Personally, I enjoy setting the mood with dystopian apocalypse films that either reflect or exaggerate the ‘end of the world vibes’ that are floating around outside somewhere. So, here are my personal Top 10 recommendations . . .

#1 The Running Man [1987]

One of the first dystopian sci-fi films I ever saw growing up in that morally bankrupt era we called the 80s. The film’s message has stood the test of time. A dark, violent and gritty tale of a future society eroding from poverty that is ruled by TV. A society where civil rights mean prisoners get court-appointed theatrical agents. The entire film is a life lesson in believing authoritarian media manipulation.
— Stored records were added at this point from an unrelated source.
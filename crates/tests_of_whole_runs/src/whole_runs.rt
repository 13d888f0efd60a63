//! Whole runs over a shelf, a link and a sink in memory.

use crate::outside::{Row, answers, are_written, runs_on};
use delta_code::Coded;
use delta_runner::{Begins, Runner};
use delta_state::Machine;
use delta_step::Tree;
use learned_runner::Learner;
use port::MemLink;
use std::alloc::Global;
use std::test::Fail;

const ONE: &[u8] = b"main(x : Int) : Int = x\n";

const SWAP: &[u8] = b"main(x : Int, y : Int) : Int || Int = (y, x)\n";

const TWICE: &[u8] = b"main(x : Int) : Int || Int = (x, x)\n";

const LET: &[u8] = b"main(z : (Int || Int)) : Int || Int = let (a, b) = z in (b, (a))\n";

const DOUBLE: &[u8] =
    b"fun twice(xs : Int*) : Int* = case xs of { nil => nil | y :: ys => wait y in {y * 2} :: twice(ys) }
main(xs : Int*) : Int* = twice(xs)
";

const THREE: &[u8] = b"DEV1\0\x15\x01\x03\x11\0\0\0\0\0\0\0\x03\0\x14\0\x16";

// The first 16 of those bytes.
const CUT: &[u8] = b"DEV1\0\x15\x01\x03\x11\0\0\0\0\0\0\0";

const SIX: &[u8] = b"DEV1\0\x15\x01\x03\x11\0\0\0\0\0\0\0\x06\0\x14\0\x16";

const SEVEN: &[u8] = b"DEV1\0\x11\0\0\0\0\0\0\0\x07";

const LEFT_THEN_RIGHT: &[u8] = b"DEV1\x01\x01\x11\0\0\0\0\0\0\0\x01\x01\x02\x11\0\0\0\0\0\0\0\x02";

const RIGHT_THEN_LEFT: &[u8] = b"DEV1\x01\x02\x11\0\0\0\0\0\0\0\x02\x01\x01\x11\0\0\0\0\0\0\0\x01";

const ROW: Row = Row {
    words: "run program",
    text: ONE,
    input: SEVEN,
    output: b"DEV1",
    note: "",
    status: 0,
};

// The number of rows before the first that is answered otherwise, or none.
fn first_wrong(alloc: Global, rows: &[Row]) -> Result<Option<usize>, Fail> {
    for k in 0..rows.len() {
        if !answers(alloc, &rows[k])? {
            return Ok(Some(k));
        }
    }
    Ok(None)
}

const RUNS: &[Row] = &[
    Row {
        output: SEVEN,
        ..ROW
    },
    Row {
        words: "gen 996 3",
        output: b"items 3 in 16 96 out 4 21 last 0\n",
        ..ROW
    },
    Row {
        words: "gen 1 2",
        output: b"items 2 in 11 66 out 1 6 last none\n",
        ..ROW
    },
    Row {
        words: "gen 0 0",
        output: b"items 0 in 1 6 out 1 6 last none\n",
        ..ROW
    },
    Row {
        text: SWAP,
        input: LEFT_THEN_RIGHT,
        output: b"DEV1\x01\x02\x11\0\0\0\0\0\0\0\x01\x01\x01\x11\0\0\0\0\0\0\0\x02",
        ..ROW
    },
    Row {
        text: SWAP,
        input: RIGHT_THEN_LEFT,
        output: b"DEV1\x01\x01\x11\0\0\0\0\0\0\0\x02\x01\x02\x11\0\0\0\0\0\0\0\x01",
        ..ROW
    },
    Row {
        text: LET,
        input: RIGHT_THEN_LEFT,
        output: b"DEV1\x01\x01\x11\0\0\0\0\0\0\0\x02\x01\x02\x11\0\0\0\0\0\0\0\x01",
        ..ROW
    },
    Row {
        text: TWICE,
        input: SEVEN,
        output: b"DEV1\x01\x01\x11\0\0\0\0\0\0\0\x07\x01\x02\x11\0\0\0\0\0\0\0\x07",
        ..ROW
    },
    Row {
        input: b"DEV2",
        note: "delta: input open\n",
        status: 6,
        ..ROW
    },
    Row {
        input: b"DEV1",
        note: "delta: input open\n",
        status: 6,
        ..ROW
    },
];

const REFUSED: Row = Row { status: 4, ..ROW };

const REFUSALS: &[Row] = &[
    Row {
        input: b"",
        note: "delta: input refused: Truncated at 0\n",
        ..REFUSED
    },
    Row {
        input: b"DEV1\0\x11\0\0\0\0\0\0\0",
        note: "delta: input refused: Truncated at 13\n",
        ..REFUSED
    },
    Row {
        input: b"DEV1\x01\x01\x11\0\0\0\0\0\0\0\x07",
        note: "delta: input refused: WrongStep at 4\n",
        ..REFUSED
    },
    Row {
        input: b"DEV1\0\x11\0\0\0\0\0\0\0\x07\0\x11\0\0\0\0\0\0\0\x07",
        output: SEVEN,
        note: "delta: input refused: Ended at 14\n",
        ..REFUSED
    },
    Row {
        input: b"DEV3",
        note: "delta: input refused: BadMagic at 3\n",
        ..REFUSED
    },
    Row {
        input: b"DEV1\x20",
        note: "delta: input refused: LongPath at 4\n",
        ..REFUSED
    },
    Row {
        input: b"DEV1\x01\x07",
        note: "delta: input refused: BadStep at 5\n",
        ..REFUSED
    },
    Row {
        input: b"DEV1\0\x20",
        note: "delta: input refused: BadLeaf at 5\n",
        ..REFUSED
    },
];

const NONE: Row = Row { output: b"", ..ROW };

const USAGE: Row = Row {
    note: "delta: usage\n",
    status: 2,
    ..NONE
};

const FAULTS: &[Row] = &[
    Row { words: "", ..USAGE },
    Row {
        words: "run",
        ..USAGE
    },
    Row {
        words: "run program program",
        ..USAGE
    },
    Row {
        words: "run program --budget x",
        ..USAGE
    },
    Row {
        words: "gen 1",
        ..USAGE
    },
    Row {
        words: "run gone",
        note: "delta: outside fault: file\n",
        status: 7,
        ..NONE
    },
    Row {
        text: b"main(x : Int, y : 1) : Int || Int = (y, x)\n",
        note: "delta: program refused: Mismatch at 37\n",
        status: 3,
        ..NONE
    },
];

// A run with calls that fail, by their numbers from 0, and the note and the status of that.
#[derive(Clone, Copy)]
struct Failing {
    words: &'static str,
    text: &'static [u8],
    /// The pieces of the input.
    pieces: &'static [&'static [u8]],
    /// How many bytes one write takes at most.
    most: u64,
    fail_reads: &'static [u64],
    fail_writes: &'static [u64],
    fail_notes: &'static [u64],
    output: &'static [u8],
    note: &'static str,
}

const FAILING: Failing = Failing {
    words: "run program",
    text: ONE,
    pieces: &[SEVEN],
    most: 4096,
    fail_reads: &[],
    fail_writes: &[],
    fail_notes: &[],
    output: b"DEV1",
    note: "",
};

const FAILINGS: &[Failing] = &[
    Failing {
        pieces: &[b"DEV1\0\x11\0", b"\0\0\0\0\0\0\x07"],
        fail_reads: &[1],
        note: INPUT_FAULT,
        ..FAILING
    },
    Failing {
        most: 4,
        fail_writes: &[2],
        output: b"DEV1\0\x11\0\0",
        note: OUTPUT_FAULT,
        ..FAILING
    },
    Failing {
        text: DOUBLE,
        pieces: &[TO_NUMBER, b"\0\x14\0\x16"],
        fail_reads: &[1],
        output: SIX_UNENDED,
        note: INPUT_FAULT,
        ..FAILING
    },
    // What is due for the first two pieces is written before the third, which can't be read.
    Failing {
        text: DOUBLE,
        pieces: &[
            b"DEV1\0\x15",
            b"\x01\x03\x11\0\0\0\0\0\0\0\x03",
            b"\0\x14\0\x16",
        ],
        fail_reads: &[2],
        output: SIX_UNENDED,
        note: INPUT_FAULT,
        ..FAILING
    },
    Failing {
        text: DOUBLE,
        pieces: &[THREE],
        most: 4,
        fail_writes: &[2],
        output: b"DEV1\0\x15\x01\x03",
        note: OUTPUT_FAULT,
        ..FAILING
    },
    Failing {
        pieces: &[b"DEV1"],
        fail_notes: &[0],
        ..FAILING
    },
    Failing {
        words: "eval program",
        text: DOUBLE,
        pieces: &[THREE],
        most: 2,
        fail_writes: &[1],
        output: b"DE",
        note: OUTPUT_FAULT,
        ..FAILING
    },
];

const INPUT_FAULT: &str = "delta: outside fault: input\n";

const OUTPUT_FAULT: &str = "delta: outside fault: output\n";

// The bytes of the frames of a number to be doubled up to its own, and what is due for these.
const TO_NUMBER: &[u8] = b"DEV1\0\x15\x01\x03\x11\0\0\0\0\0\0\0\x03";

const SIX_UNENDED: &[u8] = b"DEV1\0\x15\x01\x03\x11\0\0\0\0\0\0\0\x06\0\x14";

// The link of a failing run.
fn link_of(alloc: Global, row: &Failing) -> Result<MemLink, Fail> {
    let fail_reads = row.fail_reads.to_vec(alloc)?;
    let fail_writes = row.fail_writes.to_vec(alloc)?;
    let mut pieces = Vec::new(alloc);
    for piece in row.pieces {
        pieces.push(piece.to_vec(alloc)?)?;
    }
    Ok(MemLink::new(alloc, pieces, fail_reads, fail_writes, row.most.max(1)))
}

// Whether a failing run writes and answers what it must, on one machine.
fn fails_on<B: Begins, M: Machine>(alloc: Global, row: &Failing) -> Result<bool, Fail> {
    let mut link = link_of(alloc, row)?;
    let end = (row.note, 7);
    let told = runs_on::<B, M>(alloc, row.words, row.text, &mut link, row.fail_notes, end);
    let said = are_written(&link, row.output);
    drop(link);
    Ok(told? && said)
}

#[test]
fn failed_calls_are_told(rt: HostRuntime) -> Result<(), Fail> {
    for row in FAILINGS {
        assert!(rt;
            fails_on::<Learner, Coded>(rt.alloc(), row)?,
            "{}",
            row.words
        );
        assert!(rt;
            fails_on::<Runner<Tree>, Tree>(rt.alloc(), row)?,
            "{}",
            row.words
        );
    }
    Ok(())
}

const IN_TURN: &[u8] = b"main(x : Int; y : Int) : Int . Int = (x; y)";

const IN_TURN_FRAMES: &[u8] = b"DEV2\x01\xc0\x11\0\0\0\0\0\0\0\x01\0\x14\0\x11\0\0\0\0\0\0\0\x02";

const LONG: Row = Row {
    text: SWAP,
    input: LEFT_THEN_RIGHT,
    output: b"DEV2\x01\x80\x11\0\0\0\0\0\0\0\x01\x01\x40\x11\0\0\0\0\0\0\0\x02",
    ..ROW
};

const LONG_FRAMES: &[Row] = &[
    Row {
        words: "run program --v2",
        ..LONG
    },
    Row {
        words: "run --v2 --budget=5 -- program",
        ..LONG
    },
    Row {
        words: "run program --v2",
        text: IN_TURN,
        input: IN_TURN_FRAMES,
        output: IN_TURN_FRAMES,
        ..ROW
    },
    Row {
        text: IN_TURN,
        input: b"DEV2\x01\xc1",
        note: "delta: input refused: BadStep at 5\n",
        status: 4,
        ..ROW
    },
    Row {
        text: IN_TURN,
        input: b"DEV2\x01\0",
        note: "delta: input refused: BadStep at 5\n",
        status: 4,
        ..ROW
    },
    Row {
        text: IN_TURN,
        input: b"DEV2\x40",
        note: "delta: input refused: LongPath at 4\n",
        status: 4,
        ..ROW
    },
];

const LINES: &[Row] = &[
    Row {
        words: "text --frames",
        input: b"item\nF int 3\n",
        output: b"DEV1\0\x15\x01\x03\x11\0\0\0\0\0\0\0\x03",
        ..ROW
    },
    Row {
        words: "text --frames",
        input: b"LLLLLLLLLLLLLLLLLLLLLLLLLLLLLLLLLLLLLLLLLLLLLLLLLLLLLLLLLLLLLLLLLLLLLLLLLLLLLLLLLLLLLLLLLLLLLLLLLLLLLLLLLLLLLLLLLLLLLLLLLLLLLLLLLLLLLLLLLLLLLLLLLLLLLLLLLLLLLLLLLLLLLLLLLLLLLLLLLLLLLLLLLLLLLLLLLLLLLLLLLLLLLLLLLLLLLLLLLLLLLLLLLLLLLLLLLLLLLLLLLLLLLLLLLLLLLLLLL\n",
        note: "delta: input refused: LongLine at 0\n",
        status: 4,
        ..ROW
    },
    Row {
        words: "text --frames",
        input: b"end\ncat",
        output: b"DEV1\0\x16",
        note: "delta: input refused: BadWord at 4\n",
        status: 4,
        ..ROW
    },
    Row {
        words: "text --v2 --frames",
        input: b"L F one",
        output: b"DEV2\x02\x70\x10",
        ..ROW
    },
];

const TWO_LINES: Row = Row {
    words: "text",
    input: b"DEV1\0\x15\x01\x03\x11\0\0\0\0\0\0\0\x03",
    output: b"item\nF int 3\n",
    ..ROW
};

const FRAMES: &[Row] = &[
    TWO_LINES,
    Row {
        words: "text",
        input: b"DEV1\0\x15\0",
        output: b"item\n",
        note: "delta: input refused: Truncated at 7\n",
        status: 4,
        ..ROW
    },
];

const FINE: Row = Row {
    words: "check program",
    ..NONE
};

const CHECKS: &[Row] = &[
    FINE,
    Row { text: SWAP, ..FINE },
    Row {
        text: TWICE,
        ..FINE
    },
    Row { text: LET, ..FINE },
    Row {
        text: DOUBLE,
        ..FINE
    },
    Row {
        text: b"main(x : Int, y : Int) : Int . Int = (x; y)",
        note: "delta: program refused: OutOfOrder at 37\n",
        status: 3,
        ..FINE
    },
    Row {
        text: b"main(x : Int) : Int = twice(x)",
        note: "delta: program refused: NoFunction at 22\n",
        status: 3,
        ..FINE
    },
    Row {
        text: b"fun twice(xs : Int*) : Int* = case xs of { nil => nil | y :: ys => wait y in ({y * 2} :: twice(ys)) }\nmain(xs : Int*) : Int* = twice(zs)",
        note: "delta: program refused: Unbound at 133\n",
        status: 3,
        ..FINE
    },
];

const PRINTS: &[Row] = &[
    Row {
        words: "print program",
        output: b"main (x : Int) : Int = x\n",
        ..ROW
    },
    Row {
        words: "print program",
        text: DOUBLE,
        output: b"fun twice (xs : Int*) : Int* = case xs of { nil => nil | y :: ys => wait y in { y * 2 } :: twice (ys) }\nmain (xs : Int*) : Int* = twice (xs)\n",
        ..ROW
    },
];

const DOUBLED: Row = Row {
    words: "eval program",
    text: DOUBLE,
    input: THREE,
    output: SIX,
    ..ROW
};

const MEANINGS: &[Row] = &[
    DOUBLED,
    Row {
        words: "eval program --budget 2",
        ..DOUBLED
    },
    Row {
        words: "eval --budget=1 program",
        output: b"",
        note: "delta: stopped: Budget at 0\n",
        status: 5,
        ..DOUBLED
    },
    Row {
        words: "eval program",
        text: SWAP,
        input: RIGHT_THEN_LEFT,
        output: b"DEV1\x01\x01\x11\0\0\0\0\0\0\0\x02\x01\x02\x11\0\0\0\0\0\0\0\x01",
        ..ROW
    },
    Row {
        input: CUT,
        output: b"",
        note: "delta: input refused: Truncated at 16\n",
        status: 4,
        ..DOUBLED
    },
];

const WIDE: Row = Row {
    words: "eval program --v2",
    text: b"type A = Int****************************************\nmain() : A*********************** = nil",
    input: b"DEV1",
    output: b"DEV2\0\x16",
    ..ROW
};

const WIDE_OUTPUTS: &[Row] = &[
    WIDE,
    Row {
        words: "eval program",
        output: b"",
        note: "delta: program refused: WideOutput at 53\n",
        status: 3,
        ..WIDE
    },
    Row {
        text: b"type A = Int****************************************\nmain() : A************************ = nil",
        output: b"",
        note: "delta: program refused: TooTall at 62\n",
        status: 3,
        ..WIDE
    },
    Row {
        words: "eval program",
        text: b"main() : Int******************************** = nil",
        output: b"",
        note: "delta: program refused: WideOutput at 0\n",
        status: 3,
        ..WIDE
    },
    Row {
        words: "run program --v2",
        ..WIDE
    },
    Row {
        words: "run program",
        output: b"",
        note: "delta: program refused: WideOutput at 53\n",
        status: 3,
        ..WIDE
    },
];

// What the rows of each table show.
const TABLES: &[(&str, &[Row])] = &[
    ("programs run", RUNS),
    ("inputs are refused", REFUSALS),
    ("faults are told", FAULTS),
    ("version two is written", LONG_FRAMES),
    ("lines become frames", LINES),
    ("frames become lines", FRAMES),
    ("texts are checked", CHECKS),
    ("texts are printed", PRINTS),
    ("meanings are written", MEANINGS),
    ("wide outputs want long frames", WIDE_OUTPUTS),
];

#[test]
fn rows_are_answered(rt: HostRuntime) -> Result<(), Fail> {
    for (name, rows) in TABLES {
        assert_eq!(rt; first_wrong(rt.alloc(), rows)?, None, "{name}");
    }
    Ok(())
}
There are scary prophecies in how far TV entertainment can corrupt our social moral fabric. In her 2017 book; ‘No is not enough‘ Naomi Klein wrote that televised US airstrikes in Syria were described as ‘after-dinner entertainment’ at Mar-a-Lago, Trump’s luxury holiday resort in Florida. (P. 57). A toned-down performance from Arnie with minimal one-liners managed not to eclipse an intelligent and thought-provoking storyline. Extra star credit with wrestler Jesse ‘The Body’ Ventura. To the 3 people out there that didn’t know this already, the film was based on a book written by Stephen King under the alter ego, Richard Bachman.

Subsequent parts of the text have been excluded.